You can get them to come down some more as in under $3.00.  Make sure you are buying the points because you want the additional time and not because you are trying to get to silver or gold level.  The increase in costs are not worth those "benefits".  Also, look at where you would like to go to as well. Except if you are traveling to a high demand area in peak season, you may want to look at booking.com and get the same accommodations in DRI cheaper than having points for the same season. This is a common complaint by many Club members as DRI also rents their developer units out to attract new customers. You would be saving on annual fees and the initial outlay.  However, if you are using high demand areas like Hawaii during summer, then your membership in the Club comes out to be a deal.  So I would really closely evaluate your vacation needs before jumping in and buying more points and eternal obligation.  This is all being said by a happy DRI owner.


----------



## RuralEngineer (Mar 16, 2014)

*Silver*



csalter2 said:


> The increase in costs are not worth those "benefits".



Disagree.  I am SO happy that I am silver at this point.  

Stephen


----------



## artringwald (Mar 16, 2014)

MGhatala said:


> My rep has informed me that I need to purchase 50% of the points I am going to transfer over to the US Collection Trust.
> 
> ...
> 
> The are offering those 5500 points at $3.50 per point.... has anyone purchased around 5500 points from developer for less?



We have two deeded weeks, one in the Club and one not. I have considered trying to get the second week into the Club. If they want me to purchase 50% of the points I'm going to transfer at $3.50/point, I guess I'll just keep it the way it is. I like the flexibility of the points, but have found that it's always easier getting the view category I want with the week that's not in the Club.


----------



## csalter2 (Mar 16, 2014)

*To each his own but...*



RuralEngineer said:


> Disagree.  I am SO happy that I am silver at this point.
> 
> Stephen



Stephen, 

I am glad you like you're silver status. However, my point is that a member should buy points if they really feel they can use that time regularly.  To buy because of the benefits is not wise because DRI can and does change them. This year is a perfect example. DRI salespeople have constantly tried to sell me on going platinum because of the unlimited FREE upgrades, well guest what?

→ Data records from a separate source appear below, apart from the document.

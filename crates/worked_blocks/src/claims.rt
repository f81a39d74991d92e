//! What the definitions take and refuse, each the contract of a function that does nothing.

ghost use Rattle.play_model.specs.LookUps.{LookUps};
ghost use Rattle.worked_blocks.specs.WorkedFetches.{FetchesAreWorked};
ghost use Rattle.worked_blocks.specs.WorkedEdges.{EdgesAreWorked};
ghost use Rattle.worked_blocks.specs.WorkedGrounds.{GroundsAreWorked, LeavingIsWorked, OthersAreDenied};
ghost use Rattle.worked_blocks.specs.WorkedFrames.{EntrancesAreExact};
ghost use Rattle.worked_blocks.specs.WorkedNote.{NotesAreWorked};

/// The code run by hand: the orderlist walked past a transpose and a repeat, a play that is repeated, rests, a note,
/// what instruments hold before one, by their gateoff timers and by their numbers, a row that isn't due, and the pulse
/// step left out. What the law on it asks is met there; it refuses other memories, and what the code doesn't leave.
/// Orderlists and patterns that just stand in memory, and such as just don't.
pub fn worked_fetches()
    ensures runs { FetchesAreWorked }
    ensures grounds { (look : LookUps) → GroundsAreWorked look }
    ensures others { (look : LookUps) → OthersAreDenied look }
    ensures edges { (look : LookUps) → EdgesAreWorked look }
    ensures leaving { (look : LookUps) → LeavingIsWorked look }
{}

/// What the definitions of the two entrances take and refuse: entrances, places that may be read, states in memory, and
/// what a call of each has done.
pub fn entrances_are_exact()
    ensures { EntrancesAreExact }
{}

/// A packed song of one note in a layout and a memory worked by hand, which are what the laws of the two calls ask for;
/// another byte in a list is refused. The call of a beginning leaves the start state there.
pub fn notes_are_worked()
    ensures { NotesAreWorked }
{}
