//! What asks name, what the machine holds under it, and which asks are refused: computed as the definitions say it,
//! without memory. `answers` has what an ask is answered, `changes` what it leaves.
#![tactic(auto)]

pub mod answers;
pub mod changes;
pub mod given;
pub mod lookups;
pub mod operands;
pub mod refusals;
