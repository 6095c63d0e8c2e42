//! What an ask names: its handles, its field and its name.
ghost use Rattle.std.specs.Prelude.{◌≡◌, option_map, option_copied, true, false};
ghost use Rattle.jlr_types.specs.declared.FieldKind.TheVariants.{Int, Ref};
ghost use Rattle.jlr_machine.specs.Refusals.{operands, field_asked, name_asked};
ghost use Rattle.jlr_plain_asks.specs.Fits.{operands_in};

use jlr_machine::ask::Ask;
use jlr_machine::text::Name;
use jlr_types::{FieldKind, FieldNo, Handle};

/// Which objects fit an operand.
#[derive(Clone, Copy)]
pub enum Fit {
    Any,
    Plain,
    Record,
    Reference,
    Queue,
    Cleaner,
    Cleanable,
    Guard,
}

/// A handle that an ask names.
#[derive(Clone, Copy)]
pub struct Named {
    pub handle: Handle,
    pub may_be_null: bool,
    pub fit: Fit,
}

/// The handles that an ask names, in its order.
#[derive(Clone, Copy)]
pub enum Operands {
    Nothing,
    One(Named),
    Two(Named, Named),
}

/// A field that an ask names.
#[derive(Clone, Copy)]
pub struct FieldNamed {
    pub object: Handle,
    pub field: FieldNo,
    pub kind: FieldKind,
}

fn object(handle: Handle, fit: Fit) -> Named
    ensures { result ≡ record { handle = handle; may_be_null = false; fit = fit } }
{
    Named {
        handle,
        may_be_null: false,
        fit,
    }
}

fn object_or_null(handle: Handle, fit: Fit) -> Named
    ensures { result ≡ record { handle = handle; may_be_null = true; fit = fit } }
{
    Named {
        handle,
        may_be_null: true,
        fit,
    }
}

/// The handles that an ask names.
pub fn operands_of(ask: &Ask) -> Operands
    ensures { operands_in result ≡ operands ask.now }
{
    match ask {
        Ask::Put {
            object: x,
            value,
            ..
        } => { Operands::Two(object(*x, Fit::Plain), object_or_null(*value, Fit::Any)) }
        Ask::Get { object: x, .. } => Operands::One(object(*x, Fit::Plain)),
        Ask::SetInt { object: x, .. } => Operands::One(object(*x, Fit::Record)),
        Ask::Int { object: x, .. } => Operands::One(object(*x, Fit::Record)),
        Ask::Dup { object: x, .. } => Operands::One(object(*x, Fit::Any)),
        Ask::Drop { object: x, .. } => Operands::One(object(*x, Fit::Any)),
        Ask::Same { left, right, .. } => {
            Operands::Two(
                object_or_null(*left, Fit::Any),
                object_or_null(*right, Fit::Any),
            )
        }
        Ask::MakeRef {
            referent,
            queue,
            ..
        } => {
            Operands::Two(
                object(*referent, Fit::Any),
                object_or_null(*queue, Fit::Queue),
            )
        }
        Ask::Deref { reference, .. } => Operands::One(object(*reference, Fit::Reference)),
        Ask::Refers {
            reference,
            object: x,
            ..
        } => {
            Operands::Two(
                object(*reference, Fit::Reference),
                object_or_null(*x, Fit::Any),
            )
        }
        Ask::Clear { reference, .. } => Operands::One(object(*reference, Fit::Reference)),
        Ask::Enqueue { reference, .. } => Operands::One(object(*reference, Fit::Reference)),
        Ask::Enqueued { reference, .. } => Operands::One(object(*reference, Fit::Reference)),
        Ask::Poll { queue, .. } => Operands::One(object(*queue, Fit::Queue)),
        Ask::Remove { queue, .. } => Operands::One(object(*queue, Fit::Queue)),
        Ask::Register {
            cleaner,
            object: x,
            ..
        } => { Operands::Two(object(*cleaner, Fit::Cleaner), object(*x, Fit::Any)) }
        Ask::Clean { cleanable, .. } => Operands::One(object(*cleanable, Fit::Cleanable)),
        Ask::CheckOut { guard, .. } => Operands::One(object(*guard, Fit::Guard)),
        Ask::Close { guard, .. } => Operands::One(object(*guard, Fit::Guard)),
        Ask::Bind { object: x, .. } => Operands::One(object(*x, Fit::Any)),
        _ => Operands::Nothing,
    }
}

/// The field that an ask names.
pub(crate) fn field_of_ask(ask: &Ask) -> Option<FieldNamed>
    ensures { option_map (λ x. (x.object, x.field, x.kind)) result ≡ field_asked ask.now }
{
    match ask {
        Ask::Put { object, field, .. } => Some(ref_field(*object, *field)),
        Ask::Get { object, field, .. } => Some(ref_field(*object, *field)),
        Ask::SetInt { object, field, .. } => Some(int_field(*object, *field)),
        Ask::Int { object, field, .. } => Some(int_field(*object, *field)),
        _ => None,
    }
}

fn ref_field(object: Handle, field: FieldNo) -> FieldNamed
    ensures { result ≡ record { object = object; field = field; kind = Ref } }
{
    FieldNamed {
        object,
        field,
        kind: FieldKind::Ref,
    }
}

fn int_field(object: Handle, field: FieldNo) -> FieldNamed
    ensures { result ≡ record { object = object; field = field; kind = Int } }
{
    FieldNamed {
        object,
        field,
        kind: FieldKind::Int,
    }
}

/// The name that an ask is about.
pub fn name_of(ask: &Ask) -> Option<&Name>
    ensures { option_copied result ≡ name_asked ask.now }
{
    match ask {
        Ask::Bind { name, .. } => Some(name),
        Ask::Find { name, .. } => Some(name),
        Ask::Unbind { name, .. } => Some(name),
        _ => None,
    }
}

They are not free anymore as of this year. 

Also, more importantly, any benefit offered outside of accommodations for any level is usually more costly if you purchased it with cash outside of the Club. Things like airfare, cruises, activities are usually more expensive using Club points.


----------



## MGhatala (Mar 16, 2014)

*Awesome Replies*

I will continue looking for 3500 points on resale as I only need about 13500 for the places that I intend on going based on the last 7 years of travel. And will work on getting the price down from $3.50 to $3 or below.  

Thanks again for everyone's help!  I really appreciate it!

Mo


----------